Updating \(L\) to add the chutes and ladders is easier than it might seem. As \(M_{i, j}\) denotes the probability of going from \(j\) to \(i\), simply take any value that would end at the start of a chute and ladder and move that probability to the end of the chute and ladder. For example, let’s say we have a ladder going from 12 to 37, then we would simply do:

L[start, :] = 0.
L[end, :] += M[start, :]

To add all your chutes and ladders, simply loop over them and repeat this process.

Generate the full \(L\) matrix, and plot it using plt.matshow. Verify that all columns still add to 1.

Exercise 2h) Finding the probability distributions#

Now repeat the the process of exercise 2e) and 2f), i.e., use matrix-vector multiplication to iterate \(\vec{p}_{N}\) and read out the final entry: \(p_{100, N}\).

Plot the cumulative distribution function, and its derivative, for the board with the chutes and ladders added.

Exercise 2i) Compare the empty and the normal board#

Now plot the two probability functions for the empty and the normal board on top of each other.
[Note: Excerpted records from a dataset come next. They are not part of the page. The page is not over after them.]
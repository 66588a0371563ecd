// A drive script: the header that opens a desk, and the calls on it.
#![tactic(auto)]

ghost use Rattle.std.specs.Prelude.{◌≡◌, ◌+◌, ◌≤◌};
ghost use Rattle.script.specs.Sample.{u32_at, sample_at};
ghost use Rattle.script.specs.Call.{journal_length, open_reply, call_most, call_of, width, reply_of, journal_of, play_reply, play_journal};

use card::CARD_WIDTH;
use desk::{Desk, Outcome};
use layout::{byte_at, u16_at};
use reading::float_of_bits;
use record::Sample;
use why::Reasons;

// The card, and the journal's length as a u16.
pub const HEADER_WIDTH: usize = CARD_WIDTH + 2;

// How many bytes a sample takes.
const SAMPLE_WIDTH: usize = 13;

// The most bytes of a call: those of a tick.
pub const CALL_MOST: usize = 1 + SAMPLE_WIDTH;

// What can be asked of a desk.
#[derive(Clone, Copy)]
pub enum Call {
    Tick,
    StepBack,
    Restart,
    Why,
}

// What is wrong with a header or a call.
#[derive(Clone, Copy)]
pub enum BadScript {
    UnknownCall,
    CutShort,
}

// What a call comes to.
#[derive(Clone, Copy)]
pub enum Reply {
    // what is printed as a line
    Line(Outcome),
    // why the valve is open, printed as a line too; the desk is as it was
    Why(Reasons),
}

// The call that begins with a byte.
impl TryFrom<u8> for Call {
    type Error = BadScript;

    ghost try_from_gives = { λ byte result. result ≡ call_of byte };

    #[tactic(auto, unfolding(crate::specs::Call::call_of))]
    fn try_from(byte: u8) -> Result<Call, BadScript> {
        match byte {
            1 => Ok(Call::Tick),
            2 => Ok(Call::StepBack),
            3 => Ok(Call::Restart),
            4 => Ok(Call::Why),
            _ => Err(BadScript::UnknownCall),
        }
    }
}

impl Call {
    // How many bytes a call takes, the first among them.
    #[tactic(auto, unfolding(crate::specs::Call::width))]
    pub fn width(self) -> usize
        ensures { (result ≡ width self) × (1 ≤ result) × (result ≤ call_most) }
    {
        match self {
            Call::Tick => CALL_MOST,
            Call::StepBack => 1 + 2,
            Call::Restart => 1,
            Call::Why => 1,
        }
    }
}

// Not `from_le_bytes`: a place past the end holds 0.
fn u32_at(bytes: &[u8], at: usize, k: usize) -> u32
    requires { k ≤ 4 }
    ensures { result ≡ u32_at bytes.now (at + k) }
{
    let low = u16_at(bytes, at, k);
    let high = u16_at(bytes, at, k + 2);
    low as u32 + 65536 * (high as u32)
}

// The sample in the 13 bytes from `at`.
pub fn sample_at(bytes: &[u8], at: usize) -> Sample
    ensures { result ≡ sample_at bytes.now at }
{
    Sample {
        speed: float_of_bits(u32_at(bytes, at, 0)),
        pressure: float_of_bits(u32_at(bytes, at, 4)),
        code: byte_at(bytes, at, 8),
        mode: byte_at(bytes, at, 9),
        lever: byte_at(bytes, at, 10),
        flags: byte_at(bytes, at, 11),
        sense: byte_at(bytes, at, 12),
    }
}

#[tactic(auto, unfolding(crate::specs::Call::journal_length))]
pub fn journal_length(header: &[u8]) -> u16
    ensures { result ≡ journal_length header.now }
{
    u16_at(header, CARD_WIDTH, 0)
}

// Opens the desk of a header's card.
#[tactic(auto, unfolding(crate::specs::Call::open_reply))]
pub fn open(header: &[u8]) -> Result<Outcome, BadScript>
    ensures { result ≡ open_reply header.now }
{
    if header.len() < HEADER_WIDTH {
        return Err(BadScript::CutShort);
    }
    Ok(Desk::open(card::card_at(header, 0)))
}

// Plays a call that is known, and all there.
#[tactic(auto, unfolding(crate::specs::Call::reply_of, crate::specs::Call::journal_of))]
fn reply_of(kind: Call, desk: Desk, call: &[u8], journal: &mut [u8]) -> Reply
    ensures reply { result ≡ reply_of desk call.now journal.old kind }
    ensures journal { journal.new ≡ journal_of desk call.now journal.old kind }
{
    match kind {
        Call::Tick => Reply::Line(desk.tick(sample_at(call, 1), journal)),
        Call::StepBack => Reply::Line(desk.step_back(u16_at(call, 1, 0) as u32, journal)),
        Call::Restart => Reply::Line(desk.restart()),
        Call::Why => Reply::Why(why::why(desk, journal)),
    }
}

// Plays one call on the desk.
#[tactic(auto, unfolding(crate::specs::Call::play_reply, crate::specs::Call::play_journal))]
pub fn play(desk: Desk, call: &[u8], journal: &mut [u8]) -> Result<Reply, BadScript>
    ensures reply { result ≡ play_reply desk call.now journal.old }
    ensures journal { journal.new ≡ play_journal desk call.now journal.old }
{
    let kind = Call::try_from(byte_at(call, 0, 0))?;
    if call.len() < kind.width() {
        return Err(BadScript::CutShort);
    }
    Ok(reply_of(kind, desk, call, journal))
}
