//! Cuts a made text into tokens and says how many: `tool_tokens symbols|name|digits|comments|string BYTES RUNS`.
#![tactic(auto)]

use anyhow::{Result, bail};
use std::alloc::{AllocError, Global};
use std::env;

#[cfg(test)]
mod tests;

fn repeated(alloc: Global, piece: &[u8], times: u32) -> std::result::Result<Vec<u8>, AllocError> {
    let mut text = Vec::new(alloc);
    for _ in 0..times {
        text.extend_from_slice(piece)?;
    }
    Ok(text)
}

fn quoted(alloc: Global, bytes: u32) -> std::result::Result<Vec<u8>, AllocError> {
    let mut text = repeated(alloc, b"\"", 1)?;
    text.extend_from_slice(repeated(alloc, b"a", bytes.saturating_sub(2))?.as_slice())?;
    text.extend_from_slice(b"\"")?;
    Ok(text)
}

fn count(alloc: Global, text: &[u8]) -> usize {
    match ipg_read_tokens::tokens(alloc, text) {
        Ok(found) => found.len(),
        Err(_) => 0,
    }
}

fn made(alloc: Global, kind: &str, bytes: u32) -> Result<Vec<u8>> {
    Ok(match kind {
        "symbols" => repeated(alloc, b";", bytes)?,
        "name" => repeated(alloc, b"a", bytes)?,
        "digits" => repeated(alloc, b"1", bytes)?,
        "comments" => repeated(alloc, b"# hello\n", bytes / 8)?,
        "string" => quoted(alloc, bytes)?,
        _ => bail!("no such text"),
    })
}

fn main(rt: HostRuntime) -> Result<()> {
    let alloc = rt.alloc();
    let args: Vec<String> = env::args(&rt)?.collect(alloc)?;
    match args.as_slice() {
        [_, kind, bytes, runs] => {
            let text = made(alloc, kind.as_str(), bytes.parse()?)?;
            let runs: u32 = runs.parse()?;
            let mut tokens = 0;
            for _ in 0..runs {
                tokens = count(alloc, text.as_slice());
            }
            println!(rt; "tokens {tokens}")?;
            Ok(())
        }
        _ => bail!("tool_tokens symbols|name|digits|comments|string BYTES RUNS"),
    }
}
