use super::count;
use ipg_formats::{Kind, text};
use ipg_read_tokens::tokens;
use std::test::Fail;

/// The counts are those of a scanner of fifteen lines in Python: one regular expression of the
/// token forms, each alternative of a symbol of two bytes before those of one, matched over and over.
#[test]
fn the_built_in_grammars_are_read_whole(rt: HostRuntime) {
    let alloc = rt.alloc();
    assert_eq!(rt; count(alloc, text(Kind::Elf)), 777);
    assert_eq!(rt; count(alloc, text(Kind::Pe)), 386);
    assert_eq!(rt; count(alloc, text(Kind::Gif)), 242);
    assert_eq!(rt; count(alloc, text(Kind::Pcap)), 633);
}

#[test]
fn no_more_memory_than_the_tokens_take(rt: HostRuntime) -> Result<(), Fail> {
    let text = b"# \" a\nab_1 = 0x1f0x 12a (<<=->) \"\\\"\\x41 b\";!= # end";
    let found = tokens(rt.alloc(), text)?;
    assert_eq!(rt; found.len(), 14);
    assert_eq!(rt; found.capacity(), found.len());
    Ok(())
}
What is the qualitative effect of adding chutes and ladders to the board?

From the plot, we see that the probability function for the empty board is much thinner and higher, while for the normal board it is lower and more spread out. Note that because this is a probability distribution, the sum under the curve must be 1. And so the height and width of the curves are coupled.
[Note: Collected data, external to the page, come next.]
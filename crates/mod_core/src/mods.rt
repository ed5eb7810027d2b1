ghost use Rattle.std.specs.Prelude.{◌≡◌, ◌↔◌, ℕ, ◌+◌, ◌-◌, ◌<◌, ◌≤◌, List, All, [], ◌∷◌, ◌++◌, length, position, slice_get, bytes_eq, is_some, option_map, option_copied, option_and_then, IsSome, IsTrue, OnOk, OnErr, IfOk, IsSomeAnd, true, false, drop, Some, None};
ghost use Rattle.timeline.specs.Timeline.{Moves, new_timeline};
ghost use Rattle.row_chains.specs.Pays.{Pays};
ghost use Rattle.emh_base.specs.Pool.{with_name, number_in};
ghost use Rattle.emh_base.specs.declared.plain.PInst.{PInst};
ghost use Rattle.emh_base.specs.declared.plain.PModule.{PModule};
ghost use Rattle.flatten_rules.specs.Lookup.{module_of, no_modules};
ghost use Rattle.flatten_rules.specs.Changes.{net_in, port_in, inst_in};
ghost use Rattle.flatten_rules.specs.InstChanges.{create_inst, delete_inst, rename_inst};
ghost use Rattle.flatten_rules.specs.ModuleChanges.{create_module, delete_module, rename_module, with_lock};
ghost use Rattle.flatten_rules.specs.NetChanges.{create_net, delete_net, create_port, delete_port, rename_net};
ghost use Rattle.undo_slots.specs.Slots.{Rows};
ghost use Rattle.row_chains.specs.declared.link.Ends.{Ends};
ghost use Rattle.mod_core.specs.declared.rows.ModRow.{ModRow};
ghost use Rattle.mod_core.specs.declared.rows.NetRow.{NetRow};
ghost use Rattle.mod_core.specs.declared.rows.InstFacts.{InstFacts};
ghost use Rattle.mod_core.specs.inside.Linked.{module_of_row, net_of_row, port_of_row};
ghost use Rattle.mod_core.specs.Mods.{name_at, is_used};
The reason the probability of the normal board is more spread out is that addingsthe chutes and ladders is adding variance to the game. With the chutes and ladders we can get lucky and finish early, or we can get unlucky and psend longer to finish. This is reflected in the probability distributions.

In addition to being more spread out, the curve for the normal board has more of its weight towards the left. This means that on average we will tend to finish in a fewer number of rolls on the normal board than on the empty board. This means that there is a benefit to the player for having the chutes and ladders added. This is because the benefit of the ladders outweighs the negative cost of the chutes. This is probably intentional from the game designers, as having more ladders than chutes is probably more fun to those playing the game.

Exercise 2j) Comparing the random walk to the markov chain#

Finally, compare the probability density function you found with your Markov chain, to that found from the random walks (2c), by plotting them over each other.